On November 26, the Supreme Court will hear Zakia Jafri’s petition challenging the clean chit given to the then Gujarat Chief Minister and current Prime Minister, Narendra Modi, by the Special Investigation team (SIT) set up to probe the “larger conspiracy” in the post-Godhra riots, especially in the Gulbarg Society massacre. She has challenged the Gujarat High Court’s order of October 5, 2017, rejecting her plea. The SIT, appointed by the Supreme Court and headed by former CBI Director R.K. Raghavan, filed a closure report in February 2012, contending that there was no “prosecutable evidence” against Mr. Modi and others mentioned in Ms. Jafri’s complaint.
Why is she leading this?
She is the widow of late MP and Congress leader Ehsan Jafri, who was among the 69 people killed by a mob during the 2002 riots. She survived the massacre at Gulbarg Society, a middle and upper middle class residential colony in north Ahmedabad. The residents were attacked, their houses torched and people burnt alive after the Godhra train fire, in which 59 pilgrims were charred to death.
What happened in 2002?
On February 28, 2002, a mob of several thousand people gathered outside the residential colony.
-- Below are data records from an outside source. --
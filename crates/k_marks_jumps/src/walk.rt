//! The walk over statements that lists the jumps of each.
ghost use Rattle.std.specs.Prelude.{◌≡◌, ◌++◌, ◌∷◌, [], map, IfOk, OnOk, option_map, unwrap_or};
ghost use Rattle.k_marks_meaning.specs.Contents.{inside, nothing, part_inside, row, with_jumps};
ghost use Rattle.k_marks_meaning.specs.Marking.{statements_in};

use crate::jumps::{
    a_break, a_continue, a_return, jumps_of_both, no_jumps, out_of_loop, out_of_switch,
};
use k_marks_meaning::{Jumps, StatementJumps};
use k_num::{Box, NoMemory, Seq};
use k_types_meaning::{Spot, TFunc, TPart, TStmt};
use std::alloc::Global;

/// Lists a statement, out of whose parts and out of which these jumps lead. Answers its own.
fn list(
    spot: &Spot,
    parts: Jumps,
    itself: Jumps,
    found: &mut Vec<StatementJumps>,
) -> Result<Jumps, NoMemory>
    ensures jumps { IfOk result (λ j. j ≡ itself) }
    ensures found { OnOk result (found.new.items ≡ found.old.items ++ with_jumps spot.now parts itself ∷ []) }
{
    found.push(StatementJumps {
        number: spot.number,
        parts,
        itself,
    })?;
    Ok(itself)
}

/// Lists a statement and those in it, each behind those in it. Answers its own jumps.
#[cycle(statements)]
fn list_stmt(stmt: &TStmt, found: &mut Vec<StatementJumps>) -> Result<Jumps, NoMemory>
    ensures jumps { IfOk result (λ j. j ≡ (inside stmt.now).jumps) }
    ensures found { OnOk result (found.new.items ≡ found.old.items ++ (inside stmt.now).statements) }
{
    match stmt {
        TStmt::Expr { spot, .. } | TStmt::Empty { spot } | TStmt::Declare { spot, .. } => {
            list(spot, no_jumps(), no_jumps(), found)
        }
        TStmt::Block { spot, parts } => {
            let jumps = list_stmts(parts, found)?;
            list(spot, jumps, jumps, found)
        }
        TStmt::If {
            spot,
            then,
            other,
            ..
        } => {
            let first = list_stmt(then.get(), found)?;
            let second = list_else(other, found)?;
            let jumps = jumps_of_both(first, second);
            list(spot, jumps, jumps, found)
        }
        TStmt::While { spot, body, .. }
        | TStmt::DoWhile { spot, body, .. }
        | TStmt::For { spot, body, .. } => {
            let jumps = list_stmt(body.get(), found)?;
            list(spot, jumps, out_of_loop(jumps), found)
        }
        TStmt::Switch { spot, parts, .. } => {
            let jumps = list_parts(parts, found)?;
            list(spot, jumps, out_of_switch(jumps), found)
        }
        TStmt::Break { spot } => list(spot, no_jumps(), a_break(), found),
        TStmt::Continue { spot } => list(spot, no_jumps(), a_continue(), found),
        TStmt::Return { spot, .. } => list(spot, no_jumps(), a_return(), found),
    }
}

/// The same of statements.
#[cycle(statements)]
#[tactic(auto, using(crate::proofs::JumpLaws::both_again))]
fn list_stmts(stmts: &Seq<TStmt>, found: &mut Vec<StatementJumps>) -> Result<Jumps, NoMemory>
    ensures jumps { IfOk result (λ j. j ≡ (row (map inside stmts.now)).jumps) }
    ensures found { OnOk result (found.new.items ≡ found.old.items ++ (row (map inside stmts.now)).statements) }
{
    let mut jumps = no_jumps();
    for stmt in stmts.as_slice() {
        let more = list_stmt(stmt, found)?;
        jumps = jumps_of_both(jumps, more);
    }
    Ok(jumps)
}

/// The same of a statement that may be left out.
#[cycle(statements)]
fn list_else(stmt: &Option<Box<TStmt>>, found: &mut Vec<StatementJumps>) -> Result<Jumps, NoMemory>
    ensures jumps { IfOk result (λ j. j ≡ (unwrap_or (option_map inside stmt.now) nothing).jumps) }
    ensures found { OnOk result (found.new.items ≡ found.old.items ++ (unwrap_or (option_map inside stmt.now) nothing).statements) }
{
    match stmt {
        None => Ok(no_jumps()),
        Some(stmt) => list_stmt(stmt.get(), found),
    }
}

/// The same of the parts of a switch.
#[cycle(statements)]
#[tactic(auto, using(crate::proofs::JumpLaws::both_again))]
fn list_parts(parts: &Seq<TPart>, found: &mut Vec<StatementJumps>) -> Result<Jumps, NoMemory>
    ensures jumps { IfOk result (λ j. j ≡ (row (map part_inside parts.now)).jumps) }
    ensures found { OnOk result (found.new.items ≡ found.old.items ++ (row (map part_inside parts.now)).statements) }
{
    let mut jumps = no_jumps();
    for part in parts.as_slice() {
        let more = list_part(part, found)?;
        jumps = jumps_of_both(jumps, more);
    }
    Ok(jumps)
}

/// The same of a part of a switch.
#[cycle(statements)]
fn list_part(part: &TPart, found: &mut Vec<StatementJumps>) -> Result<Jumps, NoMemory>
    ensures jumps { IfOk result (λ j. j ≡ (part_inside part.now).jumps) }
    ensures found { OnOk result (found.new.items ≡ found.old.items ++ (part_inside part.now).statements) }
{
    match part {
        TPart::Case { .. } | TPart::Default { .. } => Ok(no_jumps()),
        TPart::Does { stmt, .. } => list_stmt(stmt.get(), found),
    }
}

/// Lists the statements of functions.
fn list_functions(functions: &[TFunc], found: &mut Vec<StatementJumps>) -> Result<(), NoMemory>
    ensures { OnOk result (found.new.items ≡ found.old.items ++ statements_in functions.now) }
{
    for function in functions {
        list_stmts(&function.body, found)?;
    }
    Ok(())
}

/// The statements of functions with their jumps, each statement behind those in it.
pub fn statements_of(alloc: Global, functions: &[TFunc]) -> Result<Vec<StatementJumps>, NoMemory>
    ensures { IfOk result (λ found. found.items ≡ statements_in functions.now) }
{
    let mut found = Vec::new(alloc);
    list_functions(functions, &mut found)?;
    Ok(found)
}

/// The jumps that lead out of a statement.
pub fn jumps_of(alloc: Global, stmt: &TStmt) -> Result<Jumps, NoMemory>
    ensures { IfOk result (λ j. j ≡ (inside stmt.now).jumps) }
{
    let mut found = Vec::new(alloc);
    list_stmt(stmt, &mut found)
}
Eventually, the houses were set on fire one after another. The residents sought shelter at Jafri’s bungalow. However, rioters did not spare even his bungalow and torched it, killing 69 people, including the former parliamentarian, who kept pleading for help from the administration for hours. Ms. Zakia, who had hidden on a room on the first floor, survived the attack. On June 17, 2016, almost 14 years after the massacre, the trial court delivered its verdict in the Gulbarg Society case. The court convicted 24 persons and awarded life sentences to 11 accused, 10-year imprisonment to one accused and a seven-year sentence to 12. The trial court described the killings as the “darkest day in the history of civil society of Gujarat.” The trial court and the SIT held that the massacre was prompted by firing from Ehsan Jafri’s weapon from his bungalow.
What was the complaint?
In April 2009, the Supreme Court ordered a probe into the role of Mr. Modi, his Cabinet colleagues, top bureaucrats and others in the “larger conspiracy” behind the 2002 riots, in which over 1,200 people were killed. Before moving the Supreme Court, she approached the police to file a case against those named in her complaint and subsequently the High Court. However, neither the police nor the High Court registered her complaint or ordered any probe into her allegations.
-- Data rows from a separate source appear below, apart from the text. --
//! Jumps out of statements, by those of their parts.
ghost use Rattle.std.specs.Prelude.{◌≡◌};
ghost use Rattle.k_marks_meaning.specs.Jumps.{a_break, a_continue, a_return, is_left, jumps_of_both, no_jumps, out_of_loop, out_of_switch};

use k_marks_meaning::Jumps;

/// None.
pub(crate) fn no_jumps() -> Jumps
    ensures { result ≡ no_jumps }
{
    Jumps {
        breaks: false,
        continues: false,
        returns: false,
    }
}

/// That of a `break`.
pub(crate) fn a_break() -> Jumps
    ensures { result ≡ a_break }
{
    Jumps {
        breaks: true,
        ..no_jumps()
    }
}

/// That of a `continue`.
pub(crate) fn a_continue() -> Jumps
    ensures { result ≡ a_continue }
{
    Jumps {
        continues: true,
        ..no_jumps()
    }
}

/// That of a `return`.
pub(crate) fn a_return() -> Jumps
    ensures { result ≡ a_return }
{
    Jumps {
        returns: true,
        ..no_jumps()
    }
}

/// Those of two parts.
pub(crate) fn jumps_of_both(first: Jumps, second: Jumps) -> Jumps
    ensures { result ≡ jumps_of_both first second }
{
    Jumps {
        breaks: first.breaks || second.breaks,
        continues: first.continues || second.continues,
        returns: first.returns || second.returns,
    }
}

/// Those of a loop, whose body has these.
pub(crate) fn out_of_loop(body: Jumps) -> Jumps
    ensures { result ≡ out_of_loop body }
{
    Jumps {
        breaks: false,
        continues: false,
        returns: body.returns,
    }
}

/// Those of a switch, whose parts have these.
pub(crate) fn out_of_switch(parts: Jumps) -> Jumps
    ensures { result ≡ out_of_switch parts }
{
    Jumps {
        breaks: false,
        ..parts
    }
}

/// There is one.
pub fn any(jumps: Jumps) -> bool
    ensures { result ≡ is_left jumps }
{
    jumps.breaks || jumps.continues || jumps.returns
}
Why has it been so difficult?
Ms. Jafri, now over 80, has been fighting for justice ever since she first approached the police in 2006. After the SIT filed a closure report, the complainant was given an opportunity to be heard through a protest petition before the closure report was accepted by a magisterial court and then the higher judiciary.
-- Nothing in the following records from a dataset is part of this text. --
//! All pools that a driver opened, of which memory keeps those in which something lives.

ghost use Rattle.std.specs.Prelude.{◌≡◌, ◌==◌, ◌+◌, ◌≤◌, ◌<◌, ◌++◌, ◌∷◌, [], List, IfOk, OnOk, OnErr, All, Some, None, true, find, length, option_copied, option_map, position, slice_get, vec_capacity};
ghost use Rattle.mdb_log.specs.Acts.{IsPoolAct};
ghost use Rattle.mdb_pool.specs.Core.{PoolCore as Core};
ghost use Rattle.mdb_pool.specs.Now.{has_job_now, holds_now, is_open_now};
ghost use Rattle.mdb_pool.specs.Planning.{IsPlanOf, LeadsTo, Plans};
ghost use Rattle.mdb_pool.specs.Refusing.{refusal_now, TellsNew};
ghost use Rattle.mdb_driver_pools.specs.Asking.{DoesAt};
ghost use Rattle.mdb_driver_pools.specs.Finding.{asked_by, asks_in, first_job, holder, holds_in, opens_in};
ghost use Rattle.mdb_driver_pools.specs.Living.{if_at, index_in, left_at, lives_at, living_at, living_from};
ghost use Rattle.mdb_driver_pools.specs.Standing.{at_address, is_open_at, IsApart, IsSingle};

use crate::hints::{Hints, number_of};
use crate::placed::Placed;
use crate::pool_queries::{has_job, holds, is_closed, is_open};
use mdb_base::{OutOfMemory, ServerAddress};
use mdb_log::{Log, Reply, Step};
use mdb_past::{Past, Tells};
use mdb_pool::PoolCore;
use mdb_pool::planning::{Answered, Plan, apply, prepare};
use std::alloc::Global;
use std::marker::Model;

// Up to so many pools are walked over, and no guesses are kept.
const FEW: usize = 8;

/// All pools that a driver opened. Contracts see them all; memory keeps those in which something lives, in the order in which they were opened.
#[derive(Drop)]
pub struct Cores {
    living: Vec<Placed>,
    // Where parties and addresses were last found.
    parties: Hints,
    addresses: Hints,
    // How many were opened.
    opened: usize,
    // How many there may be before memory is wanted.
    room: usize,
    // All of them as they are. One that left is as it was then.
    all: Past<PoolCore>,
}
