// Disabled carries that are read (document 01, ground 6), off the rows of a block by wire.
ghost use Rattle.std.specs.Prelude.{◌≡◌, ◌*◌, ◌<◌, length};
ghost use Rattle.lists.specs.Search.{below};
ghost use Rattle.ports.specs.Block.{Sized, tiles};
ghost use Rattle.ports.specs.Lengths.{ports, settings_length};
ghost use Rattle.routing.specs.LogicTile.{logic_tile};
ghost use Rattle.netlist.specs.Rows.{arity_of};
ghost use Rattle.equations.specs.Routed.{Routed, Driven};
ghost use Rattle.equations.specs.WireRows.{wire_rows};
ghost use Rattle.drivers.specs.CarryReads.{is_disabled_carry, OperandsWithin, lower_carry, lower_carries, carry_read_wire};

use equations::drives::{Drive, drive_of};
use equations::tiles::{PORTS_PER_TILE, cell_at};
use netlist::row;
use netlist::row::Row;
use ports::size::Block;

const PORTS: u16 = ports::lengths::PORTS_PER_TILE as u16;

const CARRY_IN: u16 = ports::CARRY_IN as u16;

// Whether what drives a wire is the cout of a cell whose carry is disabled.
fn is_disabled_carry(b: Block, st: &[u16], d: Drive) -> bool
    requires { (length st.now ≡ settings_length * tiles b) × Driven b d }
    ensures { result ≡ is_disabled_carry st.now d }
{
    match d {
        Drive::CellCout(tile, i) => !cell_at(st, tile as usize, i as usize).carry,
        _ => false,
    }
}

// The lowest so far, and wire w. No port before carry_in has a cout's wire.
fn lower_carry(b: Block, st: &[u16], low: usize, w: u16) -> usize
    requires { Sized b × (length st.now ≡ settings_length * tiles b) × (w < ports b) }
    ensures { result ≡ lower_carry b st.now low w }
{
    if w % PORTS >= CARRY_IN && is_disabled_carry(b, st, drive_of(b, u32::from(w))) {
        low.min(usize::from(w))
    } else {
        low
    }
}

// The lowest so far, and what a row reads.
fn lower_carries(b: Block, st: &[u16], low: usize, row: Row) -> usize
    requires { Sized b × (length st.now ≡ settings_length * tiles b) × OperandsWithin b row }
    ensures { result ≡ lower_carries b st.now row low (arity_of row) }
{
    let mut lowest = low;
    for j in 0..row::arity(row) {
        lowest = lower_carry(b, st, lowest, row::operand(row, j));
    }
    lowest
}

// The lowest wire that is a disabled cout and is read.
// Rules out: the wire of the reader; carry_in_mux taken as a cout; passing over a cout that only a switch reads under the name carry_in.
pub fn carry_read_wire(b: Block, table: &[u16], st: &[u16], rows: &[u16]) -> Option<usize>
    requires { Routed b table.now st.now × (rows.now ≡ wire_rows b table.now st.now) }
    ensures { result ≡ below (ports b) (carry_read_wire b table.now st.now) }
{
    let n = PORTS_PER_TILE * ((b.h * b.w) as usize);
    let mut lowest = n;
    for w in 0..n {
        lowest = lower_carries(b, st, lowest, row::row_at(rows, w));
    }
    if lowest < n { Some(lowest) } else { None }
}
However, the magisterial court dismissed her protest petition, while accepting the closure report. The High Court upheld the magisterial court’s ruling accepting the closure report and dismissed the protest petition.
What next?
A Supreme Court Bench of Justices A.M. Khanwilkar and Deepak Gupta was initially supposed to hear her plea on November 19 but deferred it to November 26, saying “the matter will take some time for hearing.”